Vortexable bands: A unifying perspective on band geometry

Vortexable bands provide a unifying real-space perspective on quantum geometry. We define a band as vortexable if, roughly, one can choose complex coordinates on the plane so that multiplying the band by that coordinate operator does not cause interband transitions. A companion talk shows how vortexable bands are ideal for fractional Chern insulators and other many-body consequences. When this real-space concept is expressed in momentum space, it becomes a statement about the quantum geometry of the system. The subset of ``special" vortexable bands is shown to be equivalent to the momentum space ``trace condition" or ``ideal band condition." Alternatively, one can always choose a gauge so that the periodic Bloch wavefunctions of special vortexable bands are holomorphic in the Brillouin zone --- a powerful result linking to holomorphic geometry.
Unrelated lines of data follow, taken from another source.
// What the answers are written with.
use block::Fields;
use refusal::Refusal;
use std::io::Write;
use std::{array, fmt, io};

// The most rows that are written.
const MOST_ROWS: usize = 100;

// A refusal's number, and its place where it has one; 0 where nothing is refused.
#[derive(Clone, Copy)]
pub(crate) struct Told(pub(crate) Option<Refusal>);

impl fmt::Display for Told {
    fn fmt<W: fmt::Write>(&self, f: &mut fmt::Formatter<W>) -> fmt::Result {
        match self.0 {
            None => f.write_str("0"),
            Some(Refusal { number, place }) => {
                write!(f, "{number}")?;
                if refusal::has_place(number) {
                    write!(f, " at {place}")?;
                }
                Ok(())
            }
        }
    }
}

// A text and the line's end.
pub(crate) fn line(out: &mut impl Write, s: &[u8]) -> io::Result<()> {
    out.write_all(s)?;
    out.write_all(b"\n")
}

// A refusal.
pub(crate) fn refused(out: &mut impl Write, why: Refusal) -> io::Result<()> {
    writeln!(out, "refused {}", Told(Some(why)))
}

// Bytes in hexadecimal.
pub(crate) fn hex(out: &mut impl Write, s: &[u8]) -> io::Result<()> {
    for x in s {
        write!(out, "{x:02x}")?;
    }
    Ok(())
}

// A value; - where it is absent.
#[derive(Clone, Copy)]
struct OrDash(Option<u64>);

impl fmt::Display for OrDash {
    fn fmt<W: fmt::Write>(&self, f: &mut fmt::Formatter<W>) -> fmt::Result {
        match self.0 {
            Some(value) => write!(f, "{value}"),
            None => f.write_str("-"),
        }
    }
}

// The fields of an accepted block, on two lines; - for what is absent.
pub(crate) fn fields(out: &mut impl Write, fields: Fields) -> io::Result<()> {
    let schema = OrDash(fields.schema);
    let end = OrDash(fields.end);
    let limit = OrDash(fields.limit);
    write!(out, "read: dataset {} schema {schema}", fields.dataset_len)?;
    write!(out, " start {} end {end} limit {limit}", fields.start)?;
    types(out, fields)?;
    write!(out, "  width {}", fields.symbol_cstr_len)?;
    write!(out, " layout version {}", fields.layout_version)?;
    write!(out, " symbology rows {}", fields.symbology_rows)?;
    writeln!(out, " layout rows {}", fields.layout_rows)
}

fn types(out: &mut impl Write, fields: Fields) -> io::Result<()> {
    let stype_in = OrDash(fields.stype_in);
    write!(out, " stype_in {stype_in} stype_out {}", fields.stype_out)?;
    if fields.ts_out {
        out.write_all(b" ts_out")?;
    }
    out.write_all(b"\n")
}

// Each of the first n symbology rows, which stand by column, with its name in the block, 100 at the most.
pub(crate) fn symbology_rows(
    out: &mut impl Write,
    block: &[u8],
    table: &[u32],
    n: usize,
) -> io::Result<()> {
    // The rows stand by column, so each is taken by its number.
    for i in 0..n.min(MOST_ROWS) {
        let numbers: [u32; 6] = array::from_fn(|column| table::number_at(table, i, column));
        row(out, &numbers, names::symbology_name(block, table, i))?;
    }
    Ok(())
}

// Each of the first n layout rows, with its name in the layout, 100 at the most.
pub(crate) fn layout_rows(
    out: &mut impl Write,
    layout: &[u8],
    table: &[u32],
    n: usize,
) -> io::Result<()> {
    let (rows, _) = table.as_chunks::<9>();
    for (i, numbers) in rows.iter().take(n.min(MOST_ROWS)).enumerate() {
        row(out, numbers, names::layout_name(layout, table, i))?;
    }
    Ok(())
}

// The numbers of a row, and its name after a colon.
fn row(out: &mut impl Write, numbers: &[u32], name: &[u8]) -> io::Result<()> {
    out.write_all(b" ")?;
    for x in numbers {
        write!(out, " {x}")?;
    }
    out.write_all(b" : ")?;
    line(out, name)
}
We provide a number of examples of vortexable bands derived from chiral graphene and its variants with internal strain and moire potentials. ``General" vortexable bands, however, lie beyond the trace condition. We show the point of failure is the definition of periodic Bloch wavefunctions in terms of the laboratory coordinates, and introduce a modified momentum space measure that can detect any vortexable bands. Moreover, this measure quantifies deviations from vortexability, which can be applied to generic Chern bands to identify promising FCI platforms in moire systems.